ISO27017のコンサルってどうやって選べばいいの？

１．ISO27017とISO27001について

⑴ISO27017とは

ISO/IEC 27017は、クラウドサービスのセキュリティに関するガイドラインを提供する国際規格です。これは、情報セキュリティ管理に関するISO/IEC 27001のアドオン規格として位置づけられ、クラウド環境でのセキュリティ管理に焦点を当てています。

⑵ISO27017の要求事項　

ISO27017の要求事項として必要な管理策には以下のようなものがあります。

• CLD.6.3.1 クラウドコンピューティング環境における役割及び責任の共有及び分担
• CLD.8.1.5 クラウドサービスカスタマの資産の除去
• CLD.9.5.1 仮想コンピューティング環境における分離
• CLD.9.5.2 仮想マシンの要塞化
• CLD.12.1.5 実務管理者の運用のセキュリティ
• CLD.12.4.5 クラウドサービスの監視
• CLD.13.1.4 仮想及び物理ネットワークセキュリティ管理の整合

詳細はこちらの記事をご参考ください。

あわせて読みたい記事

初心者のためのISO27017の要求事項と管理策

１．ISO27017とは ISO27017とは、情報セキュリティ管理システム（ISMS）の国際標準であるISO27001に基づいて、クラウドサービスに特化した情報セキュリティのガイドラインを提供するも…

⑶ISO27017とISO27001の関係　

ISO27017は、ISO27001の基本的なフレームワークに基づいています。

ISO27001は、情報セキュリティリスクを管理するための全般的なフレームワークを提供する一方、ISO27017は、クラウドサービスに特化した情報セキュリティリスクを管理するための具体的なガイドラインを提供します。

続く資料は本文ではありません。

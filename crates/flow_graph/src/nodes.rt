//! The nodes that are made at places.

ghost use Rattle.std.specs.Prelude.{◌≡◌, ◌<◌, [], length, map, pos, if◌then◌else◌, option_map, slice_get, IfOk};
ghost use Rattle.fix_word.specs.Words.{IsMachineWord};
ghost use Rattle.fix_word.specs.declared.operation.Op.TheVariants as op;
ghost use Rattle.signal_graph.specs.Operations.{class_of};
ghost use Rattle.signal_graph.specs.Rules.{width_of, plain};
ghost use Rattle.signal_graph.specs.Flat.{view};
ghost use Rattle.signal_graph.specs.FlatRules.{IsFlat};
ghost use Rattle.signal_graph.specs.GraphOf as made_by;
ghost use Rattle.signal_graph.specs.GraphOf.{constant};
ghost use Rattle.flow_graph.specs.Private.Edges.{edge_by, HasNumber};
ghost use Rattle.flow_graph.specs.Private.ElementNodes.{AreElementNumbers};
ghost use Rattle.flow_graph.specs.Private.Nodes.{AreNumbers};
ghost use Rattle.flow_graph.specs.Private.NodesBy.{CanBeMade, IsNodeBy, is_made_by, is_end_before, IsMadeAt, IsSomethingAt, AreMade};
ghost use Rattle.flow_graph.specs.Private.Sites.{view_made, view_site};

use crate::edges::edges_of;
use crate::sites::{Made, Site, bits};
use crate::widths::least_width;
use crate::words::Words;
use fix_word::{Format, Mode, Op};
use lists::List;
use signal_graph::{Edges, FlatElem, FlatProgram, Node};
use std::alloc::{AllocError, AllocFailed, Global};

/// The width of a truth value.
const TRUTH_BITS: u8 = 2;

/// The format of nodes that do not quantise.
pub(crate) fn no_format() -> Format
    ensures { result ≡ plain 0 }
{
    Format {
        shift: 0,
        mode: Mode::Trunc,
        width: 0,
    }
}

/// The format of the node of an operation.
fn node_format(op: Op, fmt: Format) -> Format
    ensures { result ≡ made_by.node_format (class_of op) fmt }
{
    match op {
        Op::Add | Op::Sub | Op::Neg | Op::Pass | Op::Mul => fmt,
        _ => no_format(),
    }
}

/// The width of the node of an operation.
fn node_width(op: Op, fmt: Format) -> u8
    ensures { result ≡ made_by.node_width (class_of op) fmt }
{
    match op {
        Op::Lt | Op::Le | Op::Eq | Op::Ne | Op::And | Op::Or | Op::Not => TRUTH_BITS,
        _ => fmt.width,
    }
}

/// The node of a raw word.
fn constant_node(alloc: Global, word: i64) -> Node
    requires { IsMachineWord word }
    ensures { IsNodeBy 0 [] (edge_by [] [] [] 0) (constant word) result }
{
    Node {
        op: Op::Const,
        fmt: no_format(),
        arg: word,
        edges: Edges::new(alloc),
        inits: List::new(alloc),
        width: least_width(word),
        ram: 0,
    }
}

/// The initial values of the node at a place: the element's at its last place.
fn inits_of(
    alloc: Global,
    element: &FlatElem,
    is_last: bool,
) -> Result<List<(u16, i64)>, AllocError>
    ensures { IfOk result (λ inits. inits ≡ (if is_last then element.now.inits else [])) }
{
    if is_last {
        List::from_slice(alloc, element.inits.as_slice())
    } else {
        Ok(List::new(alloc))
    }
}

/// Whether a node is made at the place that has the number, where there are so many nodes before.
fn is_made(made: &Made, number: u32, count: usize) -> bool
    ensures { result ≡ is_made_by number count (view_made made.now) }
{
    match made {
        Made::Nothing => false,
        Made::Constant(_) => number as usize == count,
        Made::Input(_) | Made::Operation { .. } => true,
    }
}

/// The node that is made at a place of an element whose places begin at `first`.
fn node_of(
    alloc: Global,
    element: &FlatElem,
    made: &Made,
    is_last: bool,
    first: usize,
    words: &Words,
    places: &[u32],
    elements: &[u32],
) -> Result<Node, AllocError>
    requires { CanBeMade (HasNumber words.now places.now elements.now first) (view_made made.now) }
    ensures { IfOk result (IsNodeBy (width_of element.now.ty) (if is_last then element.now.inits else [])
        (edge_by words.now places.now elements.now first) (view_made made.now)) }
{
    match made {
        Made::Nothing => unreachable!(),
        Made::Constant(word) => Ok(constant_node(alloc, *word)),
        Made::Input(word) => Ok(Node {
            op: Op::Input,
            fmt: no_format(),
            arg: i64::from(*word),
            edges: Edges::new(alloc),
            inits: inits_of(alloc, element, is_last)?,
            width: bits(element.ty),
            ram: 0,
        }),
        Made::Operation { op, fmt, operands } => Ok(Node {
            op: *op,
            fmt: node_format(*op, *fmt),
            arg: 0,
            edges: edges_of(alloc, operands.as_slice(), first, words, places, elements)?,
            inits: inits_of(alloc, element, is_last)?,
            width: node_width(*op, *fmt),
            ram: 0,
        }),
    }
}

/// Whether the place at the index is of another element, or none.
fn is_end(sites: &[Site], index: usize, elem: u32) -> bool
    ensures { result ≡ is_end_before (option_map view_site (slice_get sites.now index)) elem }
{
    match sites.get(index) {
        None => true,
        Some(site) => site.elem != elem,
    }
}

/// The node that is made at the place with this index.
fn node_at(
    alloc: Global,
    flat: &FlatProgram,
    sites: &[Site],
    index: usize,
    words: &Words,
    places: &[u32],
    elements: &[u32],
) -> Result<Node, AllocError>
    requires sound { IsFlat (view flat.now) }
    requires sites { map view_site sites.now ≡ made_by.sites (view flat.now) }
    requires numbers { AreNumbers (made_by.sites (view flat.now)) places.now words.now }
    requires elements { AreElementNumbers (view flat.now) elements.now }
    requires index { index < length sites.now }
    requires made { IsSomethingAt (view flat.now) index }
    ensures { IfOk result (IsMadeAt (view flat.now) index) }
{
    let site = &sites[index];
    let element = &flat.elems[site.elem as usize];
    let is_last = is_end(sites, index + 1, site.elem);
    let first = index - site.place;
    node_of(
        alloc, element, &site.made, is_last, first, words, places, elements,
    )
}

/// The nodes that are made at all places.
pub(crate) fn nodes_of_places(
    alloc: Global,
    flat: &FlatProgram,
    sites: &[Site],
    words: &Words,
    places: &[u32],
    elements: &[u32],
) -> Result<List<Node>, AllocError>
    requires sound { IsFlat (view flat.now) }
    requires sites { map view_site sites.now ≡ made_by.sites (view flat.now) }
    requires numbers { AreNumbers (made_by.sites (view flat.now)) places.now words.now }
    requires elements { AreElementNumbers (view flat.now) elements.now }
    ensures { IfOk result (AreMade (view flat.now)) }
{
    let mut nodes = List::with_capacity(alloc, sites.len())?;
    for index in 0..sites.len() {
        if is_made(&sites[index].made, places[index], nodes.len()) {
            let node = node_at(alloc, flat, sites, index, words, places, elements)?;
            nodes.push(node)?;
        }
    }
    Ok(nodes)
}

ISO27017は、ISO27001と密接に関連しており、ISO27001は、情報セキュリティマネジメントシステム（ISMS）の要求事項を定めたもので、ISO27017はその中のクラウドサービスに特化した規格と言えます。

もっと詳しく知りたい方はこちらの記事をご参考ください。

あわせて読みたい記事

ISMSとISO27001の違いは？PマークやISO27017との違いも解説

１．ISMSとは？ ISMSとは、情報セキュリティマネジメントシステム（Information Security Management System）を略して呼びやすくしたもので、組織の情報を守るため…

２．ISO27017のコンサル会社を探す際に考慮する4つのポイント

⑴ISO27017コンサルティングの役割とメリット

ISO27017コンサルティングの役割は認証完了、更新までの道案内をすることです。

例えばスケジュールを作成したり、タスクを割り振ったり、進捗状況の確認をおこないます。

また利用するメリットは3つあります。

①タスクの明確化

コンサルタントがタスクを明確にし、役割分担をおこなうのでなにをしなければならないのか悩むことがなくなります。

②事務局負荷の軽減

ルール作成などの原案についてはコンサルから提案が受けられるので、一から自分たちでルールを作成する必要がなく、事務局の工数を削減することができます。

③審査での事例を知ることができる

経験豊富なコンサルタントであれば、それだけ審査での事例も多く持っているので、同業、同規模の審査での指摘事例から事前に対策をおこなうこともできます。

⑵ISO27017コンサルの選び方とポイント

ISO27017コンサルタントのポイントは３つあります。

①実績・経験

ISO27017は2024年10月時点で認証企業数が約600社とまだまだ少ない規格です。しかし、今どんどん認証数が伸びている規格でもあります。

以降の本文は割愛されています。